Whereas tools that are purpose-built for IAC provide concise APIs for accomplishing complicated tasks, if you’re using a general-purpose programming language, you need to write completely custom code for every task. Moreover, tools designed for IAC usually enforce a particular structure for your code, whereas with a general-purpose programming language, each developer will use their own style and do something different. Neither of these problems is a big deal for an eight-line script that installs Apache, but it gets messy if you try to use ad hoc scripts to manage dozens of servers, databases, load balancers, network configurations, and so on.
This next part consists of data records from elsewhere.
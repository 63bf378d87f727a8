//! What a seat knows of its lock, as the lock's rule sees it. It exists only in contracts.
use crate::vault::Entry;
use std::collections::LinkedList;

/// How far a seat has come on its way through the lock.
pub enum Stage {
    /// It has no ticket.
    Idle,
    /// It has this ticket, and waits for its turn.
    Waiting(u64),
    /// Its ticket is served, and it has taken the vault out.
    Serving(u64),
    /// It was joined into the main seat.
    Spent,
}

/// S is the start of the machine, and O its operations.
pub struct View<S, O> {
    pub number: u32,
    pub start: S,
    /// The number of calls that the lock has room for.
    pub room: u32,
    pub stage: Stage,
    /// The number of calls that are left.
    pub left: u64,
    /// The number of seats that were split from it.
    pub children: u32,
    /// The prefix of the journal that it knows.
    pub seen: LinkedList<Entry<O>>,
    /// Its own operations.
    pub mine: LinkedList<O>,
    /// Prefixes of the journal that joined seats knew.
    pub olds: LinkedList<LinkedList<Entry<O>>>,
    /// The number and the operations of each joined seat.
    pub ended: LinkedList<(u32, LinkedList<O>)>,
}
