//! What the lock guards.
ghost use Rattle.std.specs.Prelude.{◌≡◌, ◌++◌, ◌∷◌, [], List};

/// What is specified of a machine that takes one operation after another.
///
/// These members bound the types of the lock. The step itself is in [`Stepper`], so that a machine may call stored functions: no
/// type can keep a fact about a machine whose bound mentions a function pointer.
pub trait Machine {
    /// What a machine starts from: plain data, which no step changes.
    type Start;

    /// An operation.
    type Op: Drop;

    // Some start. It is in the views of seats that were joined, and no clause reads it.
    ghost some_start: { Self.Start };
    // The start of the machine.
    ghost start: { Self → Self.Start };
    // The operations that may be asked of a machine with this start.
    ghost admits: { Self.Start → Self.Op → Type 0 };
    // The machine is in the state that these operations from this start lead to.
    ghost stands_for: { Self → Self.Start → List Self.Op → Type 0 };
}

/// A machine that makes its steps with something `W` of the caller's to write into: the bytes of a response, for example. So a step
/// returns only what is small and cheap to move. A machine may write different things, and has this trait for each of them.
///
/// A step has a context too, which the caller lends. It has the functions that the machine calls: all callers read them at the same
/// time, so they are kept outside the lock.
pub trait Stepper<W>: Machine {
    /// What all steps read.
    type Context;

    /// What a step returns: the small part of its answer.
    type Kind: Drop;

    /// The whole answer to an operation.
    type Whole;

    // The context has what a machine with this start needs.
    ghost serves: { Self.Context → Self.Start → Type 0 };
    // The operations that write this, or nothing.
    ghost suits: { Self.Op → Type 0 };
    // The whole answer, made of what a step returns and what it wrote.
    ghost whole: { Self.Kind → W → Self.Whole };
    // The answer to one more operation: a function of the start, the operations before and the operation.
    ghost answer: { Self.Start → List Self.Op → Self.Op → Self.Whole };

    /// Takes one operation. The start does not change.
    fn step(&mut self, context: &Self::Context, op: &Self::Op, out: &mut W) -> Self::Kind
        requires serves { serves context.now (Self.start self.old) }
        requires admitted { Self.admits (Self.start self.old) op.now }
        requires suits { suits op.now }
        ensures start { Self.start self.new ≡ Self.start self.old }
        ensures stands { (ops : List Self.Op) → Self.stands_for self.old (Self.start self.old) ops
            → Self.stands_for self.new (Self.start self.old) (ops ++ op.now ∷ []) }
        ensures answer { (ops : List Self.Op) → Self.stands_for self.old (Self.start self.old) ops
            → whole result out.new ≡ answer (Self.start self.old) ops op.now };
}
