// The mathematics under the comparer: trees, values and the exploration, with the theorems that make the answer exact.
// A function here computes nothing: its contract is a theorem over the definitions of specs/.
#![tactic(auto)]

ghost use Rattle.equivalence.specs.Theorems.{EqualIsExact, DiffersIsExactAndLowest, VerdictIsExact, AlwaysBounded, ValuesOfEntries};

// An exploration that ends with equal proves the automata equivalent.
pub fn equal_is_exact()
    ensures { EqualIsExact }
{}

// One that ends with differs shows a lowest tree that tells them apart.
pub fn differs_is_exact_and_lowest()
    ensures { DiffersIsExactAndLowest }
{}

pub fn verdict_is_exact()
    ensures { VerdictIsExact }
{}

pub fn always_bounded()
    ensures { AlwaysBounded }
{}

// A value worked out entry by entry depends on the tree alone.
pub fn values_of_entries()
    ensures { ValuesOfEntries }
{}
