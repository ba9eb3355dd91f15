//! What a replica's part in the synods of its group is asked to do, and what its node sends with that.
ghost use Rattle.std.specs.Prelude.{◌≡◌, ◌++◌, not, ◌==◌, Some, None, false, true, OnOk, OnErr, IsOkUnless};
ghost use Rattle.calvin_synod.specs.Cases as cases;
ghost use Rattle.calvin_synod.specs.Cases.{message_grows};
ghost use Rattle.calvin_synod.specs.Roles.{completes, knows};
ghost use Rattle.calvin_synod.specs.declared.message.Message.TheVariants.{Accepted};
ghost use Rattle.calvin_node_packets.specs.Letters.{MemberSent, given_by};
ghost use Rattle.calvin_node_packets.specs.Packets as packets;
ghost use Rattle.calvin_node_packets.specs.Packets.{telling};

use crate::outbox::Outbox;
use crate::packet::Content;
use calvin_app::App;
use calvin_synod::{Given, Member, Message};
use calvin_types::{Ballot, Batch, Config, Fault, Few, NodeId, Slot};

impl<A: App> Outbox<A> {
    /// Begins a new ballot for a slot, with a batch to propose ("Paxos Made Simple", section 2.2, phase 1a), and sends what the
    /// synod sends for it. Refused with `RoundsSpent` where there is no greater round, else with `OutOfMemory` where a growth
    /// was refused or the batch can have no more owners: then nothing changed.
    pub fn post_ballot(
        &mut self,
        member: &mut Member<A::Args>,
        config: &Config,
        me: NodeId,
        slot: Slot,
        batch: &Batch<A::Args>,
    ) -> Result<Given<Batch<A::Args>>, Fault>
        ensures did { MemberSent true result (cases.propose member.old.me slot batch.now member.old.replica)
            config.now.replicas config.now.partitions me member.old member.new self.old.packets self.new.packets }
    {
        let mail = member.prepare_to_all(slot)?;
        let batch = batch.copy()?;
        let sent = self.len();
        self.post(config.replicas, me, mail)?;
        match member.propose(slot, batch) {
            Ok(given) => Ok(given),
            Err(fault) => {
                self.take_back(sent);
                Err(fault)
            }
        }
    }

    /// Does what a message from a replica of the group says, and sends what the synod answers; where a batch is decided with
    /// it, the other nodes of the own replica are told that batch. Refused with the message's own refusal, else with
    /// `OutOfMemory` where a growth was refused or a batch can have no more owners: then nothing changed.
    pub fn post_answer(
        &mut self,
        member: &mut Member<A::Args>,
        config: &Config,
        me: NodeId,
        from: u8,
        message: &Message<Batch<A::Args>>,
    ) -> Result<Given<Batch<A::Args>>, Fault>
        ensures did { MemberSent (message_grows message.now)
            result (cases.handle member.old.size from message.now member.old.replica)
            config.now.replicas config.now.partitions me member.old member.new self.old.packets self.new.packets }
    {
        if let Message::Accepted {
            slot,
            ballot,
            batch,
        } = message
        {
            if member.completes(from, *slot, *ballot)? {
                return self.post_decided(member, config, me, from, message, *slot, *ballot, batch);
            }
        }
        self.post_letters(member, config, me, from, message)
    }

    /// A message with which no batch is decided.
    fn post_letters(
        &mut self,
        member: &mut Member<A::Args>,
        config: &Config,
        me: NodeId,
        from: u8,
        message: &Message<Batch<A::Args>>,
    ) -> Result<Given<Batch<A::Args>>, Fault>
        requires { given_by (cases.handle member.old.size from message.now member.old.replica) ≡ None }
        ensures did { MemberSent (message_grows message.now)
            result (cases.handle member.old.size from message.now member.old.replica)
            config.now.replicas config.now.partitions me member.old member.new self.old.packets self.new.packets }
    {
        let answer = member.answer(from, message)?;
        let message = message.copy()?;
        let sent = self.len();
        self.post(config.replicas, me, answer)?;
        match member.take(from, message) {
            Ok(given) => Ok(given),
            Err(fault) => {
                self.take_back(sent);
                Err(fault)
            }
        }
    }

    /// A vote with which a majority has voted: the other nodes of the own replica are told the batch.
    fn post_decided(
        &mut self,
        member: &mut Member<A::Args>,
        config: &Config,
        me: NodeId,
        from: u8,
        vote: &Message<Batch<A::Args>>,
        slot: Slot,
        ballot: Ballot,
        batch: &Batch<A::Args>,
    ) -> Result<Given<Batch<A::Args>>, Fault>
        requires vote { vote.now ≡ Accepted slot ballot batch.now }
        requires new { knows member.old.replica.learner from slot ballot ≡ false }
        requires last { completes member.old.size member.old.replica.learner slot ballot ≡ true }
        ensures did { MemberSent true result (cases.accepted member.old.size from member.old.replica slot ballot batch.now)
            config.now.replicas config.now.partitions me member.old member.new self.old.packets self.new.packets }
    {
        let vote = vote.copy()?;
        let sent = self.len();
        self.tell_decided(config, me, slot, batch)?;
        match member.take(from, vote) {
            Ok(given) => Ok(given),
            Err(fault) => {
                self.take_back(sent);
                Err(fault)
            }
        }
    }

    /// Tells the other nodes of the own replica the batch that is decided for a slot. Refused with `OutOfMemory` where a growth
    /// was refused or the batch can have no more owners: then nothing is sent.
    fn tell_decided(
        &mut self,
        config: &Config,
        me: NodeId,
        slot: Slot,
        batch: &Batch<A::Args>,
    ) -> Result<(), Fault>
        ensures told { OnOk result (self.new.packets ≡ self.old.packets ++ telling config.now.partitions me (Some (slot, batch.now))) }
        ensures err { OnErr result (self.new.packets ≡ self.old.packets) }
        ensures only { IsOkUnless result Fault.OutOfMemory }
    {
        let content = Content::Decided(slot, batch.copy()?);
        self.post_to_each(me, me.replica, &content, &others(config, me.partition))
    }
}

/// Whether a partition is another one than the own.
fn is_other(partition: u8, own: u8) -> bool
    ensures { result ≡ not (partition == own) }
{
    partition != own
}

/// The other partitions, ascending.
fn others(config: &Config, own: u8) -> Few<u8>
    ensures { result ≡ packets.others config.now.partitions own }
{
    let mut partitions = Few::new();
    for partition in 0..config.partitions {
        if is_other(partition, own) {
            partitions.push(partition);
        }
    }
    partitions
}
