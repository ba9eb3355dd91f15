//! What nodes send each other and clients.
ghost use Rattle.calvin_node_packets.specs.Packets.{is_for, tells_batch};
ghost use Rattle.std.specs.Prelude.{◌≡◌, false, IfOk, IsOk, IsOkUnless};

use calvin_app::{Answer, View};
use calvin_synod::Message;
use calvin_types::{Batch, Fault, NodeId, Place, RequestId, Sets, Slot};

/// Whom a packet is for.
#[derive(Clone, Copy, Debug, PartialEq, Eq)]
pub enum Address {
    /// A node.
    AtNode(NodeId),
    /// The client of this number.
    AtClient(u32),
}

impl Address {
    /// Whether it is the address of this node.
    pub fn is_for(self, id: NodeId) -> bool
        ensures { result ≡ is_for self id }
    {
        match self {
            Address::AtNode(node) => node.replica == id.replica && node.partition == id.partition,
            Address::AtClient(_) => false,
        }
    }
}

/// What a packet says.
#[derive(Drop)]
pub enum Content<Args, Row, Reply> {
    /// A message of the synods of the sender's group ("Paxos Made Simple", section 2).
    Synod(Message<Batch<Args>>),
    /// The batch of a slot is decided (Thomson et al. 2012, section 3.1: each sequencer sends its batch to the schedulers
    /// of its replica).
    Decided(Slot, Batch<Args>),
    /// Asks for the batch of a slot.
    AskBatch(Slot),
    /// The rows that the sender's partition read for the request at a place (section 3.2: remote reads).
    Reads(Place, View<Row>),
    /// Asks for the rows that were read for the request at a place.
    AskReads(Place),
    /// The rows of these keys, which a request to come reads or writes, are wanted in memory soon (section 4: requests
    /// that read from disk).
    Warm(Sets),
    /// What the client's request came to: the place at which it was run, its name, its attempt, and the answer.
    Replies(Place, RequestId, u8, Answer<Reply>),
}

impl<Args: Copy, Row: Copy, Reply: Copy> Content<Args, Row, Reply> {
    /// A copy, whose batch, if it has one, shares the memory. Refused with `OutOfMemory` where the batch can have no more
    /// owners.
    pub fn copy(&self) -> Result<Content<Args, Row, Reply>, Fault>
        ensures ok { IfOk result (λ c. c ≡ self.now) }
        ensures only { IsOkUnless result Fault.OutOfMemory }
        ensures succeeds { tells_batch self.now ≡ false → IsOk result }
    {
        Ok(match self {
            Content::Synod(message) => Content::Synod(message.copy()?),
            Content::Decided(slot, batch) => Content::Decided(*slot, batch.copy()?),
            Content::AskBatch(slot) => Content::AskBatch(*slot),
            Content::Reads(place, rows) => Content::Reads(*place, *rows),
            Content::AskReads(place) => Content::AskReads(*place),
            Content::Warm(sets) => Content::Warm(*sets),
            Content::Replies(place, id, attempt, answer) => {
                Content::Replies(*place, *id, *attempt, *answer)
            }
        })
    }
}

/// A packet on its way, or sent at some time before.
#[derive(Drop)]
pub struct Packet<Args, Row, Reply> {
    /// The node that sent it.
    pub from: NodeId,
    /// Whom it is for.
    pub to: Address,
    pub content: Content<Args, Row, Reply>,
}
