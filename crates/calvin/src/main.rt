//! The program `calvin`: a deterministic, partitioned, replicated transaction store. `calvin serial` runs a script of
//! epochs one request at a time and prints what each request was answered; `calvin sim` runs one in a world of replicas, and
//! `calvin run` in a store of threads, and both print the same; `calvin check` runs a list of events in a world and prints what
//! became of them. `calvin serve` keeps requests in a journal as they come, and answers each.
#![tactic(auto)]

use calvin_command::command;
use calvin_edge::{InputSource, OutputSink};
use calvin_ending::refuse_words;
use calvin_serve_command::{FileJournals, is_serve_line, serve_command};
use std::process::ExitCode;
use std::{env, io};

fn main(rt: HostRuntime) -> ExitCode {
    let mut input = InputSource::new(rt.stdin());
    let mut output = OutputSink::new(rt.stdout());
    let mut error = OutputSink::new(rt.stderr());
    let status = match words_of(&rt) {
        Ok(words) if is_serve_line(&words) => {
            let mut journals = FileJournals::new(rt);
            serve_command(
                rt.alloc(),
                &words,
                &mut journals,
                &mut input,
                &mut output,
                &mut error,
            )
        }
        Ok(words) => command(rt, rt.alloc(), &words, &mut input, &mut output, &mut error),
        Err(why) => refuse_words(why.kind(), &mut error),
    };
    ExitCode::from(status)
}

/// The words of the command line, the program's name first.
fn words_of(rt: &HostRuntime) -> io::Result<Vec<String>> {
    Ok(env::args(rt)?.collect(rt.alloc())?)
}
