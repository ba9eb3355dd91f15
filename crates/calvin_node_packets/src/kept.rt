//! Packets as an outbox keeps them.
use crate::packet::Address;
use calvin_synod::Message;
use calvin_types::{Batch, NodeId, Place, RequestId, Slot};

/// What a packet says, as a `Content`, but for rows, sets and answers, which take more room than all else: these stand in lists
/// of their own, each at a number.
#[derive(Drop)]
pub(crate) enum KeptContent<Args> {
    Synod(Message<Batch<Args>>),
    Decided(Slot, Batch<Args>),
    AskBatch(Slot),
    Reads(Place, usize),
    AskReads(Place),
    Warm(usize),
    Replies(Place, RequestId, u8, usize),
}

/// A packet without its rows, sets or answer.
#[derive(Drop)]
pub(crate) struct Kept<Args> {
    pub from: NodeId,
    pub to: Address,
    pub content: KeptContent<Args>,
}
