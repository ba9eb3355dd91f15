//! What a node sends.
ghost use Rattle.std.specs.Prelude.{◌≡◌, ◌+◌, ◌-◌, ◌<◌, ◌≤◌, ◌++◌, [], ◌∷◌, false, true, length, take, Some, None, slice_get, slice_set, IfOk, IsOk, IsOkUnless, OnOk, OnErr, MatchOption};
ghost use Rattle.std.specs.Option.{ForSome, option_map, option_and_then};
ghost use Rattle.calvin_node_packets.specs.Packets.{CanBePut, IsLent, answered, replied, tells_batch};
ghost use Rattle.calvin_node_packets.specs.Sendings.{content_of};
ghost use Rattle.calvin_node_packets.specs.declared.packet.Content.TheVariants.{Reads, Replies};
ghost use Rattle.calvin_node_packets.specs.declared.packet.Packet.{Packet};

use crate::keeping::{cut, is_plain, listed, put_in, sent_of, store, taken_out};
use crate::kept::{Kept, KeptContent};
use crate::packet::{Address, Packet};
use crate::sent::Sent;
use calvin_app::{Answer, App};
use calvin_row_list::RowList;
use calvin_types::{Fault, NodeId, Place, RequestId, Sets};
use calvin_view_list::ViewList;
use std::alloc::Global;
use std::marker::Model;
use std::mem;

/// Packets in the order in which they are sent. A call that sends appends to those that are there; where it is refused they
/// are as before. A packet takes no more room than what it says needs.
#[derive(Drop)]
pub struct Outbox<A: App> {
    kept: Vec<Kept<A::Args>>,
    rows: ViewList<A::Row>,
    sets: Vec<Sets>,
    answers: Vec<Answer<A::Reply>>,
}

impl<A: App> Model for Outbox<A> {
    ghost use Rattle.std.specs.Coded.{codes};
    ghost use Rattle.std.specs.FinMap.{code};
    ghost use Rattle.std.specs.Prelude.{◌-◌, length, map, min, vec_len, vec_capacity};
    ghost use Rattle.calvin_node_packets.specs.Keeping.{AreKept, counts, none, restored};
    ghost use Rattle.calvin_node_packets.specs.Packets.{Outgoing};

    ghost Value = { Outgoing A.Args A.Row A.Reply };

    ghost coded = { Prim.hlevel (codes, code) };

    ghost view = { λ o. record {
      packets = map (restored (record { rows = o.rows.views; sets = o.sets.items; answers = o.answers.items })) o.kept.items;
      room = min (min (vec_capacity o.kept - vec_len o.kept) o.rows.room) (min (vec_capacity o.sets - vec_len o.sets) (vec_capacity o.answers - vec_len o.answers));
    } };

    ghost invariant = { λ o. AreKept o.kept.items none (counts (record { rows = o.rows.views; sets = o.sets.items; answers = o.answers.items })) };
}

impl<A: App> Outbox<A> {
    /// Nothing is sent, and there is room for no packet.
    pub fn new(alloc: Global) -> Outbox<A>
        ensures { result ≡ record { packets = []; room = 0 } }
    {
        Outbox {
            kept: Vec::new(alloc),
            rows: ViewList::new(alloc),
            sets: Vec::new(alloc),
            answers: Vec::new(alloc),
        }
    }

    /// How many packets there are.
    pub fn len(&self) -> usize
        ensures { result ≡ length self.now.packets }
    {
        self.kept.len()
    }

    /// The sender of the packet of a number: it is below `len()`.
    pub fn sender(&self, number: usize) -> NodeId
        requires { number < length self.now.packets }
        ensures { option_map (λ packet. packet.from) (slice_get self.now.packets number) ≡ Some result }
    {
        self.kept[number].from
    }

    /// Whom the packet of a number is for, if there is one.
    pub fn address(&self, number: usize) -> Option<Address>
        ensures { result ≡ option_map (λ packet. packet.to) (slice_get self.now.packets number) }
    {
        match self.kept.get(number) {
            Some(kept) => Some(kept.to),
            None => None,
        }
    }

    /// What the packet of a number says, if there is one.
    pub fn sent(&self, number: usize) -> Option<Sent<'_, A::Args, A::Row, A::Reply>>
        ensures { option_map content_of result ≡ option_map (λ packet. packet.content) (slice_get self.now.packets number) }
    {
        match self.kept.get(number) {
            Some(kept) => Some(sent_of::<A>(
                &kept.content,
                &self.rows,
                self.sets.as_slice(),
                self.answers.as_slice(),
            )),
            None => None,
        }
    }

    /// The place, the name and the attempt of the request that the packet of a number replies to, if it does.
    pub fn reply(&self, number: usize) -> Option<(Place, RequestId, u8)>
        ensures { result ≡ option_and_then (λ packet. replied packet.content) (slice_get self.now.packets number) }
    {
        match &self.kept.get(number)?.content {
            KeptContent::Replies(place, id, attempt, _) => Some((*place, *id, *attempt)),
            _ => None,
        }
    }

    /// The answer of the packet of a number, if it is a reply.
    pub fn answer(&self, number: usize) -> Option<Answer<A::Reply>>
        ensures { result ≡ option_and_then (λ packet. answered packet.content) (slice_get self.now.packets number) }
    {
        match &self.kept.get(number)?.content {
            KeptContent::Replies(_, _, _, at) => Some(self.answers[*at]),
            _ => None,
        }
    }

    /// A copy of the packet of a number, if there is one. Refused with `OutOfMemory` where its batch can have no more owners.
    pub fn copy(&self, number: usize) -> Result<Option<Packet<A::Args, A::Row, A::Reply>>, Fault>
        ensures ok { IfOk result (λ packet. packet ≡ slice_get self.now.packets number) }
        ensures only { IsOkUnless result Fault.OutOfMemory }
        ensures succeeds { ForSome (slice_get self.now.packets number) (λ packet. tells_batch packet.content ≡ false) → IsOk result }
    {
        let Some(kept) = self.kept.get(number) else {
            return Ok(None);
        };
        let sent = sent_of::<A>(
            &kept.content,
            &self.rows,
            self.sets.as_slice(),
            self.answers.as_slice(),
        );
        let content = sent.copy()?;
        Ok(Some(Packet {
            from: kept.from,
            to: kept.to,
            content,
        }))
    }

    /// Takes the packet of a number out, for who handles it: until it is put back another one stands in its place, unless it
    /// has rows, sets or an answer. There is none where no packet has the number, and then nothing changed.
    pub fn lend(&mut self, number: usize) -> Option<Packet<A::Args, A::Row, A::Reply>>
        ensures { MatchOption result ((slice_get self.old.packets number ≡ None) × (self.new.packets ≡ self.old.packets)) (IsLent self.old.packets self.new.packets number) }
    {
        if number >= self.kept.len() {
            return None;
        }
        let from = self.kept[number].from;
        let to = self.kept[number].to;
        let kept = &self.kept[number].content;
        if !is_plain(kept) {
            let sets = self.sets.as_slice();
            let answers = self.answers.as_slice();
            let content = listed::<A>(kept, &self.rows, sets, answers);
            return Some(Packet { from, to, content });
        }
        let first = Place { epoch: 0, n: 0 };
        let lent = mem::replace(&mut self.kept[number].content, KeptContent::AskReads(first));
        let content = taken_out(lent);
        Some(Packet { from, to, content })
    }

    /// Puts a packet that was taken out in the place of its number. A packet stands there: one that has neither rows nor sets nor
    /// an answer, if this one has none, and else this very one.
    pub fn put_back(&mut self, number: usize, packet: Packet<A::Args, A::Row, A::Reply>)
        requires { CanBePut self.old.packets number packet }
        ensures { self.new.packets ≡ slice_set self.old.packets number packet }
    {
        let Packet { from, to, content } = packet;
        if let Some(content) = put_in(content) {
            let other = mem::replace(&mut self.kept[number], Kept { from, to, content });
            drop(other);
        }
    }

    /// Makes room for so many more packets. Refused with `OutOfMemory` where a growth was refused.
    pub fn reserve(&mut self, packets: usize) -> Result<(), Fault>
        ensures ok { OnOk result (packets ≤ self.new.room) }
        ensures packets { self.new.packets ≡ self.old.packets }
        ensures room { self.old.room ≤ self.new.room }
        ensures only { IsOkUnless result Fault.OutOfMemory }
        ensures succeeds { packets ≤ self.old.room → IsOk result }
    {
        self.kept.reserve(packets)?;
        self.rows.reserve(packets)?;
        self.sets.reserve(packets)?;
        self.answers.reserve(packets)?;
        Ok(())
    }

    /// One packet more. Refused with `OutOfMemory` where there is no room and a growth was refused: the packet is given up.
    pub fn push(&mut self, packet: Packet<A::Args, A::Row, A::Reply>) -> Result<(), Fault>
        ensures ok { OnOk result (self.new.packets ≡ self.old.packets ++ packet ∷ []) }
        ensures room { self.old.room ≤ self.new.room + 1 }
        ensures err { OnErr result (self.new.packets ≡ self.old.packets) }
        ensures only { IsOkUnless result Fault.OutOfMemory }
        ensures succeeds { 0 < self.old.room → IsOk result }
    {
        self.reserve(1)?;
        self.push_reserved(packet);
        Ok(())
    }

    /// One packet more, for which there is room.
    pub fn push_reserved(&mut self, packet: Packet<A::Args, A::Row, A::Reply>)
        requires { 0 < self.old.room }
        ensures packets { self.new.packets ≡ self.old.packets ++ packet ∷ [] }
        ensures room { self.old.room ≤ self.new.room + 1 }
    {
        let Packet { from, to, content } = packet;
        let content = store::<A>(&mut self.rows, &mut self.sets, &mut self.answers, content);
        self.kept.push_reserved(Kept { from, to, content });
    }

    /// One packet more, with the rows of a list, which were read for the request at a place. There is room. No `Content` is made
    /// of them.
    pub(crate) fn push_rows(
        &mut self,
        from: NodeId,
        to: Address,
        place: Place,
        rows: &RowList<A::Row>,
    )
        requires { 0 < self.old.room }
        ensures packets { self.new.packets ≡ self.old.packets ++ record { from = from; to = to; content = Reads place rows.now.rows } ∷ [] }
        ensures room { self.old.room ≤ self.new.room + 1 }
    {
        let number = self.rows.len();
        self.rows.push_listed(rows);
        let content = KeptContent::Reads(place, number);
        self.kept.push_reserved(Kept { from, to, content });
    }

    /// One packet more, which replies to the attempt of a request that was run at a place. There is room. No `Content` is made of
    /// the answer.
    pub fn push_answer(
        &mut self,
        from: NodeId,
        to: Address,
        place: Place,
        id: RequestId,
        attempt: u8,
        answer: Answer<A::Reply>,
    )
        requires { 0 < self.old.room }
        ensures packets { self.new.packets ≡ self.old.packets ++ record { from = from; to = to; content = Replies place id attempt answer } ∷ [] }
        ensures room { self.old.room ≤ self.new.room + 1 }
    {
        let number = self.answers.len();
        self.answers.push_reserved(answer);
        let content = KeptContent::Replies(place, id, attempt, number);
        self.kept.push_reserved(Kept { from, to, content });
    }

    /// Takes the last packet back, if there is one.
    fn drop_last(&mut self)
        ensures packets { self.new.packets ≡ take (length self.old.packets - 1) self.old.packets }
        ensures room { self.old.room ≤ self.new.room }
    {
        let Some(last) = self.kept.pop() else {
            return;
        };
        cut::<A>(
            &mut self.rows,
            &mut self.sets,
            &mut self.answers,
            &last.content,
        );
        drop(last);
    }

    /// Takes back what was sent after the first so many packets, of which there are at least so many.
    pub fn take_back(&mut self, first: usize)
        requires { first ≤ length self.old.packets }
        ensures packets { self.new.packets ≡ take first self.old.packets }
        ensures room { self.old.room ≤ self.new.room }
    {
        while self.kept.len() > first {
            self.drop_last();
        }
    }
}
If you’ve ever had to maintain a large repository of Bash scripts, you know that it almost always devolves into a mess of unmaintainable spaghetti code. Ad hoc scripts are great for small, one-off tasks, but if you’re going to be managing all of your infrastructure as code, then you should use an IaC tool that is purpose-built for the job.

Configuration Management Tools

Chef, Puppet, Ansible, and SaltStack are all configuration management tools, which means that they are designed to install and manage software on existing servers. For example, here is an Ansible Role called web-server.yml that configures the same Apache web server as the setup-webserver.sh script:

- name: Update the apt-get cache  
    update_cache: yes
- name: Install PHP  
    name: php  
- name: Install Apache  
    name: apache2  
- name: Copy the code from the repository  
  git: repo=https://github.com/brikis98/php-app.git dest=/var/www/html/app  
- name: Start Apache  
  service: name=apache2 state=started enabled=yes

The code looks similar to the Bash script, but using a tool like Ansible offers a number of advantages:

Coding conventions

Ansible enforces a consistent, predictable structure, including documentation, file layout, clearly named parameters, secrets management, and so on. While every developer organizes their ad hoc scripts in a different way, most configuration management tools come with a set of conventions that makes it easier to navigate the code.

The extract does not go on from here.